All of lore.kernel.org
 help / color / mirror / Atom feed
* Fwd: Fw: some questions about uploading a Linux kernel driver
       [not found] <6a7c0aba219642de8b3f1cc680d53d85@AM0P193MB0754.EURP193.PROD.OUTLOOK.COM>
@ 2020-04-22 12:26 ` Xiaosong Ma
  2020-04-24  8:24   ` some questions about uploading a Linux kernel driver FusionRAID Paul Menzel
                     ` (2 more replies)
  0 siblings, 3 replies; 4+ messages in thread
From: Xiaosong Ma @ 2020-04-22 12:26 UTC (permalink / raw)
  To: song, linux-raid; +Cc: ty-jiang18, Guangyan Zhang, wei-jy19

Dear Song,

This is Xiaosong Ma from Qatar Computing Research Institute. I am
writing to follow up with the questions posed by a co-author from
Tsinghua U, regarding upstreaming our alternative md implementation
that is designed to significantly reduce SSD RAID latency (both median
and tail) for large SSD pools (such as 20-disk or more).

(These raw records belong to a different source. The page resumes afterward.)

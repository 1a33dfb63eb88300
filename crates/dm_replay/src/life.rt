//! The processes that were made: each lives, or has ended.
ghost use Rattle.std.specs.Prelude.{◌≡◌, IsSome, None, OnOk, Some};
ghost use Rattle.std.specs.Option.{option_copied};
ghost use Rattle.dm_replay.specs.Living.{HasPlace, alive_of, at, with_life, without_life};

use dm_link::Pid;
use dm_memory::{NoMemory, insert};
use dm_onekernel::Why;
use std::alloc::Global;
use std::collections::BTreeMap;

/// What became of a process that was made.
#[derive(Drop)]
pub enum Life<P> {
    Alive(P),
    Ended(Why),
}

impl<P> Life<P> {
    /// The process, if it lives.
    pub fn alive(&self) -> Option<&P>
        ensures { option_copied result ≡ alive_of (Some self.now) }
    {
        match self {
            Life::Alive(process) => Some(process),
            Life::Ended(_) => None,
        }
    }

    /// The process, if it lives.
    pub fn into_alive(self) -> Option<P>
        ensures { result ≡ alive_of (Some self) }
    {
        match self {
            Life::Alive(process) => Some(process),
            Life::Ended(_) => None,
        }
    }
}

/// What became of each process that was made. Only making one takes memory: one that is taken out keeps its place meanwhile.
#[derive(Drop)]
pub struct Lives<P> {
    places: BTreeMap<Pid, Option<Life<P>>>,
}

#[tactic(auto, unfolding(crate::specs::Living::at, crate::specs::Living::HasPlace))]
impl<P> Lives<P> {
    /// No process.
    pub fn new(alloc: Global) -> Self
        ensures { (q : _) → at result q ≡ None }
    {
        Lives {
            places: BTreeMap::new(alloc),
        }
    }

    /// What became of a process, if it was made.
    pub fn get(&self, pid: Pid) -> Option<&Life<P>>
        ensures { option_copied result ≡ at self.now pid }
    {
        match self.places.get(&pid) {
            Some(place) => place.as_ref(),
            None => None,
        }
    }

    /// A process that lives.
    pub fn alive(&self, pid: Pid) -> Option<&P>
        ensures { option_copied result ≡ alive_of (at self.now pid) }
    {
        match self.get(pid) {
            Some(life) => life.alive(),
            None => None,
        }
    }

    /// A process is made.
    pub fn set(&mut self, pid: Pid, life: Life<P>) -> Result<(), NoMemory>
    where
        P: Drop,
        ensures { OnOk result ((q : _) → at self.new q ≡ with_life (at self.old) pid life q) }
    {
        insert(&mut self.places, pid, Some(life))?;
        Ok(())
    }

    /// Takes out a process that lives, whose place stays.
    pub fn take_alive(&mut self, pid: Pid) -> P
        requires { IsSome (alive_of (at self.old pid)) }
        ensures before { alive_of (at self.old pid) ≡ Some result }
        ensures after { (q : _) → at self.new q ≡ without_life (at self.old) pid q }
        ensures place { HasPlace self.new pid }
    {
        let life = self.places.get_mut(&pid).unwrap().take().unwrap();
        life.into_alive().unwrap()
    }

    /// Sets what became of a process that was taken out.
    pub fn put_back(&mut self, pid: Pid, life: Life<P>)
    where
        P: Drop,
        requires { HasPlace self.old pid }
        ensures { (q : _) → at self.new q ≡ with_life (at self.old) pid life q }
    {
        *self.places.get_mut(&pid).unwrap() = Some(life);
    }
}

We read the Linux kernel upstreaming instructions, and believe that
our implementation has excellent separability from the current code
base (as a plug-and-play module with identical interfaces as md).
Meanwhile, we wonder whether there are standard test cases or
preferred applications that we should test our system with, before
doing code cleaning up. Your guidance is much appreciated.

Best regards,
Xiaosong

Dr. Xiaosong Ma
Principal Scientist
Distributed Systems

Qatar Computing Research Institute
Hamad Bin Khalifa University
HBKU – Research Complex
P.O. Box 5825
Doha, Qatar
Tel: +974 4454 6190
www.qcri.qa
<http://www.qcri.qa>



---------- Forwarded message ---------
From: 姜天洋 <ty-jiang18@mails.tsinghua.edu.cn>
Date: Tue, Apr 14, 2020 at 2:10 PM
Subject: Fw: some questions about uploading a Linux kernel driver
To: Dr. Xiaosong Ma <xma@hbku.edu.qa>, gyzh@tsinghua.edu.cn
<gyzh@tsinghua.edu.cn>, wei-jy19@mails.tsinghua.edu.cn
<wei-jy19@mails.tsinghua.edu.cn>





-----原始邮件-----
发件人:"姜天洋" <ty-jiang18@mails.tsinghua.edu.cn>
发送时间:2020-04-08 20:34:44 (星期三)
收件人: song@kernel.org
抄送: linux-raid@vger.kernel.org
主题: some questions about uploading a Linux kernel driver

Hello
I am Tianyang JIANG, a PhD student from Tsinghua U. We finish a study
which focuses on achieving consistent low latency for SSD arrays,
especially timing tail latency in RAID level. We implement a Linux
kernel driver called FusionRAID and we are interested in uploading
codes to Linux upstream.
I notice that I should seperate my changes and style-check my codes
before submitting. Are there any other issues I need to be aware of?
Thank you for your time.

^ permalink raw reply	[flat|nested] 4+ messages in thread

* Re: some questions about uploading a Linux kernel driver FusionRAID
  2020-04-22 12:26 ` Fwd: Fw: some questions about uploading a Linux kernel driver Xiaosong Ma
@ 2020-04-24  8:24   ` Paul Menzel
  2020-04-30  7:10   ` Fw: some questions about uploading a Linux kernel driver Song Liu
       [not found]   ` <1b9dc66b2afd49d1bc260691e62858fc@AM0P193MB0754.EURP193.PROD.OUTLOOK.COM>
  2 siblings, 0 replies; 4+ messages in thread
From: Paul Menzel @ 2020-04-24  8:24 UTC (permalink / raw)
  To: Xiaosong Ma, song, linux-raid; +Cc: ty-jiang18, Guangyan Zhang, wei-jy19, LKML

Dear Xiaosong, dear Tsinghua,


Am 22.04.20 um 14:26 schrieb Xiaosong Ma:

> This is Xiaosong Ma from Qatar Computing Research Institute. I am
> writing to follow up with the questions posed by a co-author from
> Tsinghua U, regarding upstreaming our alternative md implementation
> that is designed to significantly reduce SSD RAID latency (both median
> and tail) for large SSD pools (such as 20-disk or more).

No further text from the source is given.